Mamy złą wiadomość dla przedsiębiorców, którzy wykorzystywali w biznesie leasingowane auta. Z najnowszej interpretacji fiskusa wynika, że sprzedaż samochodu należy opodatkować nawet po zamknięciu firmy. To efekt przepisów wprowadzonych przez Polski Ład.
– Żeby uniknąć podatku, przedsiębiorca, który wykupił samochód z leasingu, musi zaczekać z jego sprzedażą aż sześć lat. Termin liczy się od pierwszego dnia miesiąca następującego po wycofaniu auta z biznesu – mówi Łukasz Andruszkiewicz, doradca podatkowy, menedżer w Gekko Taxens.
Zmiana od stycznia
W poprzednich latach wykupiony z leasingu i przeznaczony na prywatne potrzeby samochód można było sprzedać bez PIT już po pół roku. Od 1 stycznia jest inaczej.

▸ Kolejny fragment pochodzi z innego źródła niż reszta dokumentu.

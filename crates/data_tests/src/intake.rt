//! Intakes with ample memory, of one thread and of two. A line is a number here.

ghost use Rattle.std.specs.Prelude.{◌≡◌, ◌-◌};
ghost use Rattle.radio_workers.specs.Passes.{all_parts};

use radio_workers::{Intake, IntakePass, ROOM};
use std::alloc::Global;
use std::sync::Wait;
use std::thread::{Threads, join, yield_now};

/// More lines than an intake has room for.
const MANY: u64 = 5000;

// Puts lines from 0 on, until one is handed back: that one.
fn put_until_full<R: Wait>(rt: &R, intake: &Intake<u64>, pass: &mut IntakePass<u64>) -> Option<u64>
    requires { pass.old.intake ≡ intake.now }
    ensures { (pass.new.intake ≡ intake.now) × (pass.new.parts ≡ pass.old.parts) }
{
    for line in 0..MANY {
        if let Err(handed) = intake.put(rt, pass, line) {
            return Some(handed);
        }
    }
    None
}

// Takes lines, which are to come from 0 on, until none is left: how many came.
fn take_until_empty<R: Wait>(rt: &R, intake: &Intake<u64>, pass: &mut IntakePass<u64>) -> u64
    requires { pass.old.intake ≡ intake.now }
    ensures { (pass.new.intake ≡ intake.now) × (pass.new.parts ≡ pass.old.parts) }
{
    for line in 0..MANY {
        if intake.take(rt, pass) != Some(line) {
            return line;
        }
    }
    MANY
}

// Which line is handed back, how many are left then, how many come, and how many are left then.
fn fill_and_empty<R: Wait>(
    rt: &R,
    intake: &Intake<u64>,
    pass: &mut IntakePass<u64>,
) -> (Option<u64>, usize, u64, usize)
    requires { (pass.old.intake ≡ intake.now) × (pass.old.parts ≡ all_parts) }
{
    let handed = put_until_full(rt, intake, pass);
    let full = intake.tally(rt, pass);
    let came = take_until_empty(rt, intake, pass);
    (handed, full, came, intake.tally(rt, pass))
}

fn is_filled_and_emptied<R: Wait>(rt: &R, alloc: Global) -> bool {
    match Intake::new(alloc) {
        Ok((intake, mut pass)) => {
            fill_and_empty(rt, &intake, &mut pass) == (Some(1024), ROOM, 1024, 0)
        }
        Err(_) => false,
    }
}

#[test]
fn the_1025th_is_handed_back(rt: HostRuntime) {
    assert!(rt; is_filled_and_emptied(&rt, rt.alloc()));
}

// Puts many lines, and tries again where one is handed back.
fn put_many<R: Wait>(rt: &R, intake: &Intake<u64>, mut pass: IntakePass<u64>) -> IntakePass<u64>
    requires { pass.intake ≡ intake.now }
    ensures { (result.intake ≡ intake.now) × (result.parts ≡ pass.parts) }
{
    let mut line = 0;
    for _ in rt.forever() {
        if line >= MANY {
            break;
        }
        match intake.put(rt, &mut pass, line) {
            Ok(()) => line += 1,
            Err(_) => yield_now(),
        }
    }
    pass
}

// Takes as many lines, and tries again if there is none; their sum.
fn take_many<R: Wait>(
    rt: &R,
    intake: &Intake<u64>,
    mut pass: IntakePass<u64>,
) -> (IntakePass<u64>, u64)
    requires { pass.intake ≡ intake.now }
    ensures { (result.0.intake ≡ intake.now) × (result.0.parts ≡ pass.parts) }
{
    let mut count = 0;
    let mut sum = 0u64;
    for _ in rt.forever() {
        if count >= MANY {
            break;
        }
        match intake.take(rt, &mut pass) {
            Some(line) => {
                count += 1;
                sum = sum.wrapping_add(line);
            }
            None => yield_now(),
        }
    }
    (pass, sum)
}

// One thread puts, and another takes: the sum of what was taken, and how many are left then.
fn hand_over<R: Threads + Wait + Sync>(
    rt: &R,
    intake: &Intake<u64>,
    mut pass: IntakePass<u64>,
) -> (u64, usize)
    requires { (pass.intake ≡ intake.now) × (pass.parts ≡ all_parts) }
{
    let other = intake.split(&mut pass);
    let (mut pass, (other, sum)) = join(
        rt,
        move ||
            requires { (pass.intake ≡ intake.now) × (pass.parts ≡ all_parts - 1) }
            ensures { (result.intake ≡ intake.entry.now) × (result.parts ≡ all_parts - 1) }
        { put_many(rt, intake, pass) },
        move ||
            requires { (other.intake ≡ intake.now) × (other.parts ≡ 1) }
            ensures { (result.0.intake ≡ intake.entry.now) × (result.0.parts ≡ 1) }
        { take_many(rt, intake, other) },
    );
    intake.join(&mut pass, other);
    (sum, intake.tally(rt, &mut pass))
}

fn is_handed_over<R: Threads + Wait + Sync>(rt: &R, alloc: Global) -> bool {
    match Intake::new(alloc) {
        Ok((intake, pass)) => hand_over(rt, &intake, pass) == (12_497_500, 0),
        Err(_) => false,
    }
}

#[test]
fn from_thread_to_thread(rt: HostRuntime) {
    assert!(rt; is_handed_over(&rt, rt.alloc()));
}
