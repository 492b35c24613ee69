//! Laws on readings, which run no code.
ghost use Rattle.radio_heads.specs.Head.{ShowsRequest};
ghost use Rattle.radio_heads.specs.Response.{ShowsResponse};
ghost use Rattle.radio_heads.specs.Laws.{ReadingsAgree, IsStableReading, HeadsLieWithin, FrontsAreUnfinished, RequestsAreFound, ResponsesAreFound};
ghost use Rattle.radio_heads.specs.declared.additions.Additions.{Additions};
ghost use Rattle.radio_heads.specs.AdditionLaws.{AdditionsAreReadBack};
ghost use Rattle.radio_heads.specs.WebLaws.{IsUnchanged, WebAnswersAreReadBack};
ghost use Rattle.radio_heads.specs.Laws.{ListenerIsReadBack, ShortListenerIsReadBack, DenialIsReadBack, TextIsReadBack};

/// Two readings of the same bytes are equal, or both are faults.
// rule: Grammar of heads
pub fn readings_agree()
    ensures requests { ReadingsAgree ShowsRequest }
    ensures responses { ReadingsAgree ShowsResponse }
{}

/// Once a reading is not `More`, more bytes change nothing.
// rule: Longest head
pub fn settled()
    ensures requests { IsStableReading ShowsRequest }
    ensures responses { IsStableReading ShowsResponse }
{}

/// A front of bytes whose reading is `More` gives `More` too.
pub fn fronts_are_unfinished()
    ensures { FrontsAreUnfinished }
{}

/// A head lies within the bytes that it was read from.
pub fn heads_lie_within()
    ensures requests { HeadsLieWithin ShowsRequest }
    ensures responses { HeadsLieWithin ShowsResponse }
{}

/// The rule for ends loses no head of the grammar: one at the front, of at most 64 headers and 8192
/// bytes, is a head to a reading, whatever follows it.
// rule: Grammar of heads
pub fn heads_are_found()
    ensures requests { RequestsAreFound }
    ensures responses { ResponsesAreFound }
{}

/// What `write_answer` writes for a listener, a denial or a text is read back with that status and
/// those headers, whatever bytes follow it. A listener's values come back without the white space
/// at their ends. For a listener this holds if the values have no control bytes but tabs, and the
/// head has at most 8192 bytes or no value has more than 255.
// rule: Answers are read back
pub fn answers_read_back()
    ensures listener { ListenerIsReadBack }
    ensures short { ShortListenerIsReadBack }
    ensures denial { DenialIsReadBack }
    ensures text { TextIsReadBack }
{}

/// Where nothing is said of origins, `write_web_answer` writes a stream and a text as `write_answer` does.
// rule: Answers are read back
pub fn unsaid_origins_change_nothing()
    ensures { IsUnchanged }
{}

/// What `write_web_answer` writes is read back with its headers, whatever bytes follow it. The policy must have at most
/// 4096 bytes and each other value at most 255. Values come back without the white space at their ends.
// rule: Answers are read back
pub fn web_answers_read_back()
    ensures { WebAnswersAreReadBack }
{}

/// What `add_headers` makes of an answer is read back with the headers that were added, and its own behind them, whatever
/// bytes follow it, with the same bounds.
// rule: Cache control; Sandboxed streams
pub fn additions_read_back()
    ensures { (additions : Additions) → AdditionsAreReadBack additions }
{}
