//! What a client asks for who gives a command, or wants to be shown something of the station.

use bytes::Bytes;
use radio_creds::Pair;
use radio_values::{MountName, Title};

/// What a client sends who gives a command.
#[derive(Drop)]
pub struct CommandRequest {
    /// The number of the client.
    pub id: u64,
    /// What its path and its arguments ask for.
    pub asked: Asked,
    /// The user and the password that it sends, if it does.
    pub pair: Option<Pair>,
}

/// What the path of a command and its arguments ask for.
#[derive(Drop)]
pub enum Asked {
    /// The path names no command.
    NoCommand,
    /// An argument of the command is missing, or is not of its form; the command would be opened so.
    MissingArgument(OpenedBy),
    /// To be shown something of the station.
    Listing(Listing),
    /// A command, with its arguments.
    Command(Command),
}

/// What of the station a client asks to be shown.
#[derive(Clone, Copy)]
pub enum Listing {
    /// What everybody may see: the live mounts that are not hidden.
    Status,
    /// What the server does as a whole, and all live mounts.
    Stats,
    /// All live mounts, and where their listeners fall back to.
    Mounts,
    /// The listeners of this mount.
    Clients(MountName),
    /// The names of the mounts that a relay may pull: the live ones that are not hidden.
    Streams,
}

/// Whose pair opens a command, in addition to the admin's.
#[derive(Clone, Copy)]
pub enum OpenedBy {
    /// Nobody's: the admin's alone.
    Admin,
    /// That of the source of the mount that was named; where none was, that of a mount without
    /// settings of its own.
    Source(Option<MountName>),
}

/// A command, with its arguments.
#[derive(Drop)]
pub enum Command {
    /// The listeners of a mount go to another.
    MoveClients {
        mount: MountName,
        destination: MountName,
    },
    /// The listener of this number at the mount is finished.
    KillClient {
        mount: MountName,
        listener: u64,
    },
    /// The session of the mount ends, and its source is finished.
    KillSource {
        mount: MountName,
    },
    /// What the source of the mount feeds has this title from now on.
    SetTitle {
        mount: MountName,
        title: Title,
    },
    /// The listeners of the mount fall back to that one from now on; to none where it is `None`.
    SetFallback {
        mount: MountName,
        fallback: Option<MountName>,
    },
    /// The users of the mount let this one in with this password from now on, and no more as they did before.
    AddUser {
        mount: MountName,
        user: Bytes,
        password: Bytes,
    },
    /// The users of the mount let this one in no more.
    DeleteUser {
        mount: MountName,
        user: Bytes,
    },
}
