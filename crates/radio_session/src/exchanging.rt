//! Applies a connection's events to a server, and writes the replies.

ghost use Rattle.std.specs.Prelude.{◌≡◌, ◌++◌, IfOk};
ghost use Rattle.radio_events.specs.declared.reply.Reply.{Reply as ReplyOf};
ghost use Rattle.radio_session.specs.Saying.{said};
ghost use Rattle.radio_session.specs.Exchanges.{Exchange, Exchanges, LeavesAfter, is_leave};
ghost use Rattle.radio_session.specs.Conversation.{saying_now};

use crate::OutOfMemory;
use crate::session::Session;
use radio_events::{Event, Reply, Server, State};

/// Applies the events of the connection's client, one after another, and appends the bytes of each reply to `out`.
/// Once the connection ends, it applies `Leave` in place of the remaining events. Returns whether the connection goes
/// on. It applies no second `Leave` if the event that ended the connection was one.
///
/// `OutOfMemory` if memory was refused. The contract then says nothing of the server, and the caller shuts the
/// connection.
pub fn exchange<S: Server>(
    server: &mut S,
    session: &mut Session,
    events: Vec<Event>,
    out: &mut Vec<u8>,
) -> Result<State, OutOfMemory>
    ensures { IfOk result (λ state. (x : Exchange)
        × Exchanges S.steps session.old.id session.old.says events.items server.old x server.new
        × (out.new.items ≡ out.old.items ++ x.bytes) × (state ≡ x.state) × (session.new ≡ saying_now session.old x.says)) }
{
    for event in events {
        let leaves = is_leave(&event);
        if let State::Shut(ending) = answer(server, session, event, out)? {
            leave_after(server, session.id(), leaves)?;
            return Ok(State::Shut(ending));
        }
    }
    Ok(State::Running)
}

/// Applies one event of the connection's client, and appends the bytes of the reply. Returns whether
/// the connection goes on.
fn answer<S: Server>(
    server: &mut S,
    session: &mut Session,
    event: Event,
    out: &mut Vec<u8>,
) -> Result<State, OutOfMemory>
    ensures { IfOk result (λ state. (reply : ReplyOf) × S.steps server.old event reply server.new
        × (let written = said session.old.says reply in
        (out.new.items ≡ out.old.items ++ written.bytes) × (state ≡ written.state) × (session.new ≡ saying_now session.old written.says))) }
{
    let reply = server.apply(event)?;
    session.give(reply, out)
}

/// Applies `Leave` for the client, unless it has just left.
fn leave_after<S: Server>(server: &mut S, id: u64, has_left: bool) -> Result<(), OutOfMemory>
    ensures { IfOk result (λ _. LeavesAfter S.steps id has_left server.old server.new) }
{
    if !has_left {
        drop(server.apply(Event::Leave { id })?);
    }
    Ok(())
}

/// Returns whether the client leaves by this event.
fn is_leave(event: &Event) -> bool
    ensures { result ≡ is_leave event.now }
{
    matches!(event, Event::Leave { .. })
}
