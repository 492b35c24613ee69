//! Scripts over devices that fail, and that keep back what they were given. Lines of scripts and transcripts are rows and
//! cases of the end-to-end scripts, and so are lists of deliveries.

mod devices;
mod echo;
mod play;
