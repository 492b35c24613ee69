//! What no clause says: that calls succeed where there is memory, and that the definitions mean what the standards say, on
//! answers, settings and lists from outside.

mod orders;
mod pulls;
mod requests;

use radio_relay::{OutOfMemory, PullFault, PullItem};
use radio_settings::read_settings;
use radio_settings_values::Settings;
use radio_values::{About, Shown};
use std::alloc::{AllocError, Global};

/// Appends these parts.
fn append_parts(parts: &[&[u8]], out: &mut Vec<u8>) -> Result<(), OutOfMemory> {
    for part in parts {
        out.extend_from_slice(part)?;
    }
    Ok(())
}

/// Appends what an item is: in braces what a head shows, in angle brackets a title, and sound as it is.
fn append_item(item: &PullItem, out: &mut Vec<u8>) -> Result<(), OutOfMemory> {
    match item {
        PullItem::Up(shown) => append_shown(shown, out),
        PullItem::Sound(block) => out.extend_from_slice(block.as_bytes()),
        PullItem::Title(title) => append_parts(&[b"<", title.as_slice(), b">"], out),
    }
}

fn append_shown(shown: &Shown, out: &mut Vec<u8>) -> Result<(), OutOfMemory> {
    let content_type = shown.content_type.as_bytes();
    let (name, genre) = (shown.name.as_bytes(), shown.genre.as_bytes());
    append_parts(&[b"{", content_type, b"|", name, b"|", genre], out)?;
    append_about(&shown.about, out)?;
    out.extend_from_slice(b"}")
}

/// Appends what else a stream says of itself, if it says anything.
fn append_about(about: &About, out: &mut Vec<u8>) -> Result<(), OutOfMemory> {
    let (description, url) = (about.description.as_bytes(), about.url.as_bytes());
    let (bitrate, audio_info) = (about.bitrate.as_bytes(), about.audio_info.as_bytes());
    let says_nothing = [description, url, bitrate, audio_info]
        .iter()
        .all(|text| text.is_empty());
    if says_nothing {
        return Ok(());
    }
    append_parts(
        &[b"|", description, b"|", url, b"|", bitrate, audio_info],
        out,
    )
}

fn append_items(items: &[PullItem], out: &mut Vec<u8>) -> Result<(), OutOfMemory> {
    for item in items {
        append_item(item, out)?;
    }
    Ok(())
}

/// The settings of a text, which has no fault.
fn settings(alloc: Global, text: &str) -> Result<Settings, OutOfMemory> {
    match read_settings(alloc, text) {
        Ok(settings) => Ok(settings),
        Err(_) => Err(AllocError),
    }
}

Zgodnie z Polskim Ładem przedsiębiorca, który wykupi auto po leasingu i przeznaczy je na osobiste cele, i tak musi rozliczyć jego sprzedaż w biznesie (chyba że zaczeka sześć lat). Od dochodu z transakcji zapłaci PIT.
Czy podatku unikniemy po zamknięciu firmy? O to zapytał fiskusa przedsiębiorca, który zlikwidował działalność już w sierpniu zeszłego roku. Wykorzystywał w niej przez trzy lata leasingowany samochód. Po zakończeniu biznesu jeździł nim prywatnie. W maju 2022 r. wykupił auto z leasingu. Za kilka miesięcy chce je sprzedać.
Czy musi opodatkować dochód z tej transakcji? Twierdzi, że nie. Argumentuje, że sprzedaż nie ma wpływu na działalność gospodarczą, bo jest już dawno zakończona.